CHINHOYI, ZIMBABWE - FEBRUARY 23: A vaccination team health worker administers the Sinopharm vaccine to a nurse at Jari Village Clinic in Zvimba Rural District on February 23, 2021 near Chinhoyi, Zimbabwe. The country is rolling out its vaccination plan to other regions, immunizing health workers, and other individuals on the Phase 1 Stage 1 of the country's Covid-19 Vaccination roll out plan. (Photo by Tafadzwa Ufumeli/Getty Images)
COMMENT
In a year that’s already had its fair share of headline-grabbing moments, it’s probably understandable that many people missed the news earlier this month that the AU had secured 300-million doses of Covid-19 vaccine.
That’s a reflection of much of the way in which the pandemic in Africa has been covered. While the pages of the world’s press has been gripped by the way in which the world’s richest and most powerful countries have grappled their way through the pandemic, the continent with some of the world’s poorest countries has largely been left to face the crisis alone.
And it has done remarkably well.
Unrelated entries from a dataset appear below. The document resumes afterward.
//! Whether rows all differ.

ghost use Rattle.std.specs.Prelude.{◌≡◌, ◌<◌, ◌↔◌, [], length, get_or, take, IsTrue, Contains};
ghost use Rattle.cr_model.specs.Callings.{AllDiffer};
ghost use Rattle.cr_audit.specs.Marks.{AreMarked, bucket, bucket_count};

use cr_row::{NoMemory, Row};
use std::alloc::Global;
use std::marker::Model;

// So many that few rows of a touch share one.
const BUCKETS: usize = 1 << 19;

// An odd number near 2^64 over the golden ratio: it spreads keys over the buckets.
const SPREAD: u64 = 0x9E37_79B9_7F4A_7C15;

/// A mark for each bucket of rows.
///
/// Each look at rows has a mark of its own, which it puts at the bucket of each row. A row whose bucket has not that mark
/// stands nowhere before; only for the others the rows before are looked through.
#[derive(Drop)]
pub struct Marks {
    at: Vec<u8>,
    last: u8,
}

impl Model for Marks {
    ghost use Rattle.std.specs.Prelude.{◌≡◌, ℕ, List, length};
    ghost use Rattle.cr_audit.specs.Marks.{bucket_count};

    ghost Value = { List ℕ };

    ghost view = { λ marks. marks.at.items };

    ghost invariant = { λ marks. length marks.at.items ≡ bucket_count };
}

impl Marks {
    /// No marks.
    pub fn new(alloc: Global) -> Result<Marks, NoMemory> {
        let at = Vec::from_elem(alloc, 0, bucket_number())?;
        Ok(Marks { at, last: 0 })
    }

    /// Whether no row stands twice.
    pub fn differ(&mut self, rows: &[Row]) -> bool
        ensures { IsTrue result ↔ AllDiffer rows.now }
    {
        if self.last == u8::MAX {
            self.at.fill(0);
            self.last = 0;
        }
        self.last += 1;
        differ(&mut self.at, self.last, rows)
    }
}

// How many buckets there are.
#[tactic(auto, unfolding(crate::specs::Marks::bucket_count))]
fn bucket_number() -> usize
    ensures { result ≡ bucket_count }
{
    BUCKETS
}

fn differ(at: &mut [u8], mark: u8, rows: &[Row]) -> bool
    requires { length at.old ≡ bucket_count }
    ensures differ { IsTrue result ↔ AllDiffer rows.now }
    ensures same { length at.new ≡ bucket_count }
{
    for place in 0..rows.len() {
        if comes_again(at, mark, rows, place) {
            return false;
        }
        at[bucket_of(&rows[place])] = mark;
    }
    true
}

// Whether the row at a place stands before that too, where the bucket of each row before it has the mark.
fn comes_again(at: &[u8], mark: u8, rows: &[Row], place: usize) -> bool
    requires at { length at.now ≡ bucket_count }
    requires place { place < length rows.now }
    requires marked { AreMarked at.now mark (take place rows.now) }
    ensures { IsTrue result ↔ Contains (take place rows.now) (get_or rows.now place []) }
{
    at[bucket_of(&rows[place])] == mark && stands_before(rows, place)
}

fn stands_before(rows: &[Row], place: usize) -> bool
    requires { place < length rows.now }
    ensures { IsTrue result ↔ Contains (take place rows.now) (get_or rows.now place []) }
{
    rows[..place].contains(&rows[place])
}

// The bucket of a row.
#[tactic(auto, unfolding(crate::specs::Marks::bucket, crate::specs::Marks::bucket_count))]
fn bucket_of(row: &Row) -> usize
    ensures is { result ≡ bucket row.now }
    ensures within { result < bucket_count }
{
    (row.key().wrapping_mul(SPREAD) >> 40) as usize % BUCKETS
}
Quietly but confidently, African leaders have taken steps to protect their people from the virus and its economic side effects, not just securing vaccines but also putting in place a continent-wide supply chain for vital medicines and personal protective equipment (PPE) and instigating robust approaches to reduce the spread of the virus.
This has in part been facilitated by another underreported phenomenon from the continent — the slow but steady improvement in governance and cross-continental cooperation in Africa. The Mo Ibrahim Foundation’s index of African governance shows that one in six African citizens is living in a country where governance has improved in the last ten years. Not only has this increased cooperation led to ambitious projects such as the African Continental Free Trade Area coming into force; the shared experience of other recent health crises such as Ebola has left African countries alert to the challenges posed by the infectious diseases.
The wrong lesson to draw from this is that the rest of the world can continue to neglect Africa while it focuses on its own battle with the virus. This would be a serious mistake.
The world’s poorest countries are facing the worst economic aftershocks of the global recession created by the pandemic and the associated threat of chronic food shortage. This threatens progress and stability and could yet undermine the response to the pandemic in many parts of the continent.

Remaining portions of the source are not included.